De Smet Tom, Struys Michel M R F, Neckebroek Martine M, Van den Hauwe Kristof, Bonte Sjoert, Mortier Eric P
Demed Engineering, Temse, Belgium.
Anesth Analg. 2008 Oct;107(4):1200-10. doi: 10.1213/ane.0b013e31817bd1a6.
Closed-loop control of the hypnotic component of anesthesia has been proposed in an attempt to optimize drug delivery. Here, we introduce a newly developed Bayesian-based, patient-individualized, model-based, adaptive control method for bispectral index (BIS) guided propofol infusion into clinical practice and compare its accuracy and clinical feasibility under direct observation of an anesthesiologist versus BIS guided, effect compartment controlled propofol administration titrated by the anesthesiologist during ambulatory gynecological procedures.
Forty ASA patients were randomly allocated to the closed-loop or manual control group. All patients received midazolam 1 mg IV and alfentanil 0.5 mg IV before induction. In the closed-loop control group, propofol was administered using the previously described closed-loop control system to reach and maintain a target BIS of 50. In the manual control group, the propofol effect-site concentration was adapted at the discretion of the anesthesiologist to reach and maintain a BIS as close as possible to 50. Induction characteristics, performance, and robustness during maintenance and recovery times were compared. Hemodynamic and respiratory stability were calculated as clinical feasibility parameters.
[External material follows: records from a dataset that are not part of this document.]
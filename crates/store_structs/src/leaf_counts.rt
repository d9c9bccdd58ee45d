//! How many leaves a type has, and how many bytes.
ghost use Rattle.std.specs.Prelude.{◌≡◌, ◌*◌};
ghost use Rattle.c_layout.specs.Types.{view};
ghost use Rattle.c_layout.specs.StructViews.{structs_view};
ghost use Rattle.c_layout.specs.Leaves.{is_short, behind_long};
ghost use Rattle.store_cells.specs.RowPositions.{capped};
ghost use Rattle.store_structs.specs.LeafCounts.{bytes_in, plain_count, long_count, folded_count};

use c_layout::{CType, Structs};

/// The most elements of an array that is not folded.
const SHORT: u64 = 64;

/// Whether an array of so many elements is not folded.
pub fn is_short(count: u64) -> bool
    ensures { result ≡ is_short count }
{
    count <= SHORT
}

fn times(a: u64, b: u64) -> u64
    ensures { result ≡ capped (a * b) }
{
    a.saturating_mul(b)
}

/// The structs of the unit, and the size of a pointer.
#[derive(Clone, Copy)]
pub struct Table<'a> {
    pub structs: &'a Structs,
    pub pointer: u64,
}

/// The size of a type in bytes.
pub fn bytes_in(table: Table, t: &CType) -> u64
    ensures { result ≡ bytes_in (structs_view table.entry.structs.now) table.entry.pointer (view t.now) }
{
    match t {
        CType::Int(kind) => kind.bytes as u64,
        CType::Pointer(_) => table.pointer,
        CType::Array(element, count) => times(*count, bytes_in(table, element)),
        CType::Struct(index) => match table.structs.items.get(*index as usize) {
            Some(found) => found.size,
            None => 0,
        },
        CType::Void => 0,
    }
}

/// How many leaves the type has where no array is folded.
pub fn plain_count(table: Table, t: &CType) -> u64
    ensures { result ≡ plain_count (structs_view table.entry.structs.now) (view t.now) }
{
    match t {
        CType::Int(_) | CType::Pointer(_) => 1,
        CType::Array(element, count) => times(*count, plain_count(table, element)),
        CType::Struct(index) => match table.structs.items.get(*index as usize) {
            Some(found) => found.plain_leaves,
            None => 0,
        },
        CType::Void => 0,
    }
}

/// The type behind the arrays of more than 64 elements that stand one in another.
pub fn behind_long(t: &CType) -> &CType
    ensures { view result.now ≡ behind_long (view t.now) }
{
    match t {
        CType::Array(element, count) => {
            if is_short(*count) {
                t
            } else {
                behind_long(element)
            }
        }
        CType::Int(_) | CType::Pointer(_) | CType::Struct(_) | CType::Void => t,
    }
}

/// How many elements those arrays have together.
pub fn long_count(t: &CType) -> u64
    ensures { result ≡ long_count (view t.now) }
{
    match t {
        CType::Array(element, count) => {
            if is_short(*count) {
                1
            } else {
                times(*count, long_count(element))
            }
        }
        CType::Int(_) | CType::Pointer(_) | CType::Struct(_) | CType::Void => 1,
    }
}

/// How many leaves the type has, with arrays of more than 64 elements folded.
pub fn folded_count(table: Table, t: &CType) -> u64
    ensures { result ≡ folded_count (structs_view table.entry.structs.now) (view t.now) }
{
    match t {
        CType::Int(_) | CType::Pointer(_) => 1,
        CType::Array(element, count) => {
            if is_short(*count) {
                times(*count, folded_count(table, element))
            } else {
                plain_count(table, behind_long(element))
            }
        }
        CType::Struct(index) => match table.structs.items.get(*index as usize) {
            Some(found) => found.leaves,
            None => 0,
        },
        CType::Void => 0,
    }
}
The closed-loop control system titrated propofol administration accurately resulting in BIS values close to the set point. The closed-loop control system was able to induce the patients within clinically accepted time limits and with less overshoot than the manual control group. Automated control resulted in beneficial recovery times. Our closed-loop control group showed similar acceptable clinical performance specified by similar hemodynamic, respiratory stability, comparable movement rates, and quality scores than the manual control group.
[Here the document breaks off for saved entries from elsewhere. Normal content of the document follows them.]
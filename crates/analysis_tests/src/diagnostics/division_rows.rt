//! A block that divides by zero.
use c_layout::{Structs, by_name};
use cc_base::{IntOp, IntType, Lattice, Place, Rule};
use cfg::{Amount, BasicBlock, Flow, Instruction, Operation};
use diagnose::diagnostics::admits;
use interval_domain::intervals::Interval;
use std::alloc::{AllocError, Global};
use std::test::Fail;
use transfer_edges::start_row;
use transfer_instructions::instructions::{step, violations_at};
use value_domain::values::Cell;

const INT: IntType = IntType {
    bytes: 4,
    signed: true,
    rank: 3,
};

const PLACE: Place = Place {
    file: 0,
    line: 1,
    col: 1,
};

/// 1, 0, the one divided by the other, and the end.
fn block(alloc: Global) -> Result<BasicBlock, AllocError> {
    let mut instructions = Vec::new(alloc);
    for operation in [
        Operation::Constant(0, 1, INT),
        Operation::Constant(1, 0, INT),
        Operation::Binary(0, IntOp::Div, 0, Amount::Temp(1), INT),
        Operation::Stop,
    ] {
        instructions.push(Instruction {
            place: PLACE,
            operation,
        })?;
    }
    Ok(BasicBlock {
        instructions,
        first_edge: 0,
        edges: 0,
        is_head: false,
    })
}

fn dividing(alloc: Global) -> Result<Flow, AllocError> {
    let mut blocks = Vec::new(alloc);
    blocks.push(block(alloc)?)?;
    Ok(Flow {
        blocks,
        edges: Vec::new(alloc),
        bases: Vec::new(alloc),
        temps: 2,
        initial: Vec::new(alloc),
        parameters: Vec::new(alloc),
        entry: PLACE,
        structs: Structs {
            items: Vec::new(alloc),
        },
        width: 2,
        model: by_name("lp64").ok_or(AllocError)?,
    })
}

/// The row before the division, if a run comes there.
fn row_before_division(alloc: Global, flow: &Flow) -> Result<Option<Vec<Cell<Interval>>>, Fail> {
    let mut row = vec![in alloc; Cell::bottom(); 2]?;
    let is_reached = start_row(flow, row.as_mut_slice())
        && step(flow, row.as_mut_slice(), 0, 0)
        && step(flow, row.as_mut_slice(), 0, 1);
    Ok(if is_reached { Some(row) } else { None })
}

#[test]
fn a_division_by_zero_is_admitted(rt: HostRuntime) -> Result<(), Fail> {
    let flow = dividing(rt.alloc())?;
    let row = row_before_division(rt.alloc(), &flow)?.ok_or("no row")?;
    assert!(rt; admits(&flow, row.as_slice(), 0, 2, Rule::Diverr));
    assert!(rt; !admits(&flow, row.as_slice(), 0, 2, Rule::Intoflow));
    assert!(rt; !admits(&flow, row.as_slice(), 0, 3, Rule::Diverr));
    Ok(())
}

#[test]
fn it_violates_one_rule_and_no_other_does(rt: HostRuntime) -> Result<(), Fail> {
    let flow = dividing(rt.alloc())?;
    let row = row_before_division(rt.alloc(), &flow)?.ok_or("no row")?;
    assert!(rt; violations_at(&flow, row.as_slice(), 0, 2).has(Rule::Diverr));
    assert!(rt; !violations_at(&flow, row.as_slice(), 0, 1).has(Rule::Diverr));
    assert!(rt; !violations_at(&flow, row.as_slice(), 1, 0).has(Rule::Diverr));
    Ok(())
}

#[test]
fn no_run_goes_on_behind_it(rt: HostRuntime) -> Result<(), Fail> {
    let flow = dividing(rt.alloc())?;
    let mut row = row_before_division(rt.alloc(), &flow)?.ok_or("no row")?;
    assert!(rt; !step(&flow, row.as_mut_slice(), 0, 2));
    assert!(rt; !step(&flow, row.as_mut_slice(), 1, 0));
    Ok(())
}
The Bayesian-based closed-loop control system for propofol administration using the BIS as a controlled variable performed accurate during anesthesia for ambulatory gynecological procedures. This control system is clinical feasibility and can be further validated in clinical practice.
为优化药物输注,有人提出对麻醉催眠成分进行闭环控制。在此,我们将一种新开发的基于贝叶斯、患者个体化、基于模型的自适应控制方法引入临床实践,该方法用于在双谱指数(BIS)引导下输注丙泊酚,并在门诊妇科手术中,比较其在麻醉医生直接观察下与麻醉医生根据BIS引导、效应室控制丙泊酚给药滴定法的准确性和临床可行性。
40例美国麻醉医师协会(ASA)分级的患者被随机分配至闭环或手动控制组。所有患者在诱导前静脉注射咪达唑仑1mg和阿芬太尼0.5mg。在闭环控制组,使用先前描述的闭环控制系统输注丙泊酚,以达到并维持目标BIS值为50。在手动控制组,丙泊酚效应室浓度由麻醉医生酌情调整,以达到并维持BIS值尽可能接近50。比较诱导特征、维持和恢复期间的性能及稳健性。计算血流动力学和呼吸稳定性作为临床可行性参数。
闭环控制系统能准确滴定丙泊酚给药,使BIS值接近设定点。与手动控制组相比,闭环控制系统能在临床可接受的时间范围内诱导患者,且超调量更小。自动控制使恢复时间缩短。我们的闭环控制组在血流动力学、呼吸稳定性、可比的运动发生率和质量评分等方面表现出与手动控制组相似的可接受的临床性能。
以BIS作为控制变量的基于贝叶斯的丙泊酚给药闭环控制系统在门诊妇科手术麻醉期间表现准确。该控制系统具有临床可行性,可在临床实践中进一步验证。